Your task is to copy each line of the material that holds the word "ghost".
[Start of section]
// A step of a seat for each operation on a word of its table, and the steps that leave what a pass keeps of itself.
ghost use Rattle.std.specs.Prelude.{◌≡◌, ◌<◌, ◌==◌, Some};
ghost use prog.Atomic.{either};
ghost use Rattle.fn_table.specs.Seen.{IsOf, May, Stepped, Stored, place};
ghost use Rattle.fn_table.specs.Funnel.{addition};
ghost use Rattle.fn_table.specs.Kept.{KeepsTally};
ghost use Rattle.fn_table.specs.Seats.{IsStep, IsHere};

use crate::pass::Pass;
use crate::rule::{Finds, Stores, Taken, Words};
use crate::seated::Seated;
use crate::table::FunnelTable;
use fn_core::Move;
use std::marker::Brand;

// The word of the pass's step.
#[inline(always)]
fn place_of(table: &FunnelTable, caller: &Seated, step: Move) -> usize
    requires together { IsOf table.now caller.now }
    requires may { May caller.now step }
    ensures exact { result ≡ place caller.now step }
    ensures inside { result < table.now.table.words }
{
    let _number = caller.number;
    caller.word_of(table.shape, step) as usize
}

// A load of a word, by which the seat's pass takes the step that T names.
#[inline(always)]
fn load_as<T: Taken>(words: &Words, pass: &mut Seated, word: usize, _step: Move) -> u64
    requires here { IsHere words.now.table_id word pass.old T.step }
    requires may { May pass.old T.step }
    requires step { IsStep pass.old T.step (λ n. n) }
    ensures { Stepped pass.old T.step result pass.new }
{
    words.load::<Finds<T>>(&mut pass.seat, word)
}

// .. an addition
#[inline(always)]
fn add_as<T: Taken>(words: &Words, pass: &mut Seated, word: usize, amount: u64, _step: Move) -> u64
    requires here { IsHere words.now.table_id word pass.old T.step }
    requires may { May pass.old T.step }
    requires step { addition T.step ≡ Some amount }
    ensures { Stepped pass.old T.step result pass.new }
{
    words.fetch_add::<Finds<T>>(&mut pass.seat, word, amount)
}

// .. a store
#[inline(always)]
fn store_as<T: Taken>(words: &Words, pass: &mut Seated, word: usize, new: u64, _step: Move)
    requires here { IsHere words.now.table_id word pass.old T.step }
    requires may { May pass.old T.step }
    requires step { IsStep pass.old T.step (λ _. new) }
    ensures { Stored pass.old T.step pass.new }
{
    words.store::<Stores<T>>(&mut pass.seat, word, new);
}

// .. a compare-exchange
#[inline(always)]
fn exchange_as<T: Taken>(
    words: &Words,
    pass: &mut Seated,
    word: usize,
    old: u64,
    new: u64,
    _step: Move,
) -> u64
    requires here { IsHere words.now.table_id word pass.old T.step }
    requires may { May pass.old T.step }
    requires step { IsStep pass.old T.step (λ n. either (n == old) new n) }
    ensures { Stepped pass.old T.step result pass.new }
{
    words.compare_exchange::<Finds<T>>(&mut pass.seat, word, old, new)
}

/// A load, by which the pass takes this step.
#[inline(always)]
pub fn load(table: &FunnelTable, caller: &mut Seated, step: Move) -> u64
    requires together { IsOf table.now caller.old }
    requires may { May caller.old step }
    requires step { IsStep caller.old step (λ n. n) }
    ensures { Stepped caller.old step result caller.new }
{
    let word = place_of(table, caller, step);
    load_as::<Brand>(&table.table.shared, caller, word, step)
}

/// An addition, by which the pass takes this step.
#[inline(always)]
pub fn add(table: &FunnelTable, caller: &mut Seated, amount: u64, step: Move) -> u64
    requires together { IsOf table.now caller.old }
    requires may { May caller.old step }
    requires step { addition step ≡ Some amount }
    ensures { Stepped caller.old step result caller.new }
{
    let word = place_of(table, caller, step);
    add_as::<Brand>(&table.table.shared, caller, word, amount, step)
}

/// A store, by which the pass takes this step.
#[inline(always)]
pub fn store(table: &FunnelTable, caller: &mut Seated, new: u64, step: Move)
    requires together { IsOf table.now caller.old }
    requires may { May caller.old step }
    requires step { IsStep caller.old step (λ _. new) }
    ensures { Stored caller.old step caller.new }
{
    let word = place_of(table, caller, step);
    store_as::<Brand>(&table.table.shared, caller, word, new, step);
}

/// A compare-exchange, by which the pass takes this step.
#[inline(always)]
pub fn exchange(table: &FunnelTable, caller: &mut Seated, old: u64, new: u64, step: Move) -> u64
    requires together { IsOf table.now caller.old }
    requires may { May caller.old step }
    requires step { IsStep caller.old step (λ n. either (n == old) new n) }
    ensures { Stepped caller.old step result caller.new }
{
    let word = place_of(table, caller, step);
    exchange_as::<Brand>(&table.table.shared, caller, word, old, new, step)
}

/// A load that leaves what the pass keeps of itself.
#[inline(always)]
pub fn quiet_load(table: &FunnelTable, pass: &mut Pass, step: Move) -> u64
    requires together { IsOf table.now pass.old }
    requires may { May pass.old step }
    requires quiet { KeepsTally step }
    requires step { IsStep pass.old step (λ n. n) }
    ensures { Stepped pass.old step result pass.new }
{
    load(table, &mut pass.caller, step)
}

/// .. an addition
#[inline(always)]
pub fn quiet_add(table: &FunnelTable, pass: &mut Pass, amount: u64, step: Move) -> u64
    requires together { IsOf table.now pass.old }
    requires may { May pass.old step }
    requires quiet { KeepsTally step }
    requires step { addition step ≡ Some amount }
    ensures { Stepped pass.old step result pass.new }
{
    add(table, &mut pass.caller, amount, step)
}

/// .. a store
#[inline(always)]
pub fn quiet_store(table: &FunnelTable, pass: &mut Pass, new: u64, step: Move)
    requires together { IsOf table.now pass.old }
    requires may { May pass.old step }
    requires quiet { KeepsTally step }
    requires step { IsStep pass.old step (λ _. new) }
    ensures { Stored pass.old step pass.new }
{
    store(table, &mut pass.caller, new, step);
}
[End of section]
[Start of section]
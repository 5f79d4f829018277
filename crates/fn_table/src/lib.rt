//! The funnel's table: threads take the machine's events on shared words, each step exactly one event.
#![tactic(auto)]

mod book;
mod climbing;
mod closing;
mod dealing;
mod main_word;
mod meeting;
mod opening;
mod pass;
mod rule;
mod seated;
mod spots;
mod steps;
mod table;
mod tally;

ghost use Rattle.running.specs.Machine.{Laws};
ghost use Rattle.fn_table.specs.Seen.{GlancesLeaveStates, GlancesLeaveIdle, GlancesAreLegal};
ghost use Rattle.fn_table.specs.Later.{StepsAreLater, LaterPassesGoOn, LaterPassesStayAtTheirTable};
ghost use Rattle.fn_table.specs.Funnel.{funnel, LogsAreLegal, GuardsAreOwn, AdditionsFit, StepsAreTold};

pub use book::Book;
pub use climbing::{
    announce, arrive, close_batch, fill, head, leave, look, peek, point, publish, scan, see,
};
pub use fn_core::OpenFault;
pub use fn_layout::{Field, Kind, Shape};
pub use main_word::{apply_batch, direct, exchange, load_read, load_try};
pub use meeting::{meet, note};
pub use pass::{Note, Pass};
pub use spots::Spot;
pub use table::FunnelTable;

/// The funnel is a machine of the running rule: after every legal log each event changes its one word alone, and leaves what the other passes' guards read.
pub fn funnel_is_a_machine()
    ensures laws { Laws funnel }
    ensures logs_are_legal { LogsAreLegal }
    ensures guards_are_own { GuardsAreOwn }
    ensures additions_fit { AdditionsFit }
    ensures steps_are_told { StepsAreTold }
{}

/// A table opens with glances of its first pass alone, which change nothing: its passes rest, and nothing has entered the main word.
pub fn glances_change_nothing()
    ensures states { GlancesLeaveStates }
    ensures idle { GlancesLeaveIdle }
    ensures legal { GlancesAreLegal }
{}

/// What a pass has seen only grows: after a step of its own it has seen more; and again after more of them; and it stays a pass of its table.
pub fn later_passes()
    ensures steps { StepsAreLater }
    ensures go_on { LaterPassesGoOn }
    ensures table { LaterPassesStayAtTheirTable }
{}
[End of section]
OUTPUT OF THE EXERCISE
ghost use Rattle.std.specs.Prelude.{◌≡◌, ◌<◌, ◌==◌, Some};
ghost use prog.Atomic.{either};
ghost use Rattle.fn_table.specs.Seen.{IsOf, May, Stepped, Stored, place};
ghost use Rattle.fn_table.specs.Funnel.{addition};
ghost use Rattle.fn_table.specs.Kept.{KeepsTally};
ghost use Rattle.fn_table.specs.Seats.{IsStep, IsHere};
ghost use Rattle.running.specs.Machine.{Laws};
ghost use Rattle.fn_table.specs.Seen.{GlancesLeaveStates, GlancesLeaveIdle, GlancesAreLegal};
ghost use Rattle.fn_table.specs.Later.{StepsAreLater, LaterPassesGoOn, LaterPassesStayAtTheirTable};
ghost use Rattle.fn_table.specs.Funnel.{funnel, LogsAreLegal, GuardsAreOwn, AdditionsFit, StepsAreTold};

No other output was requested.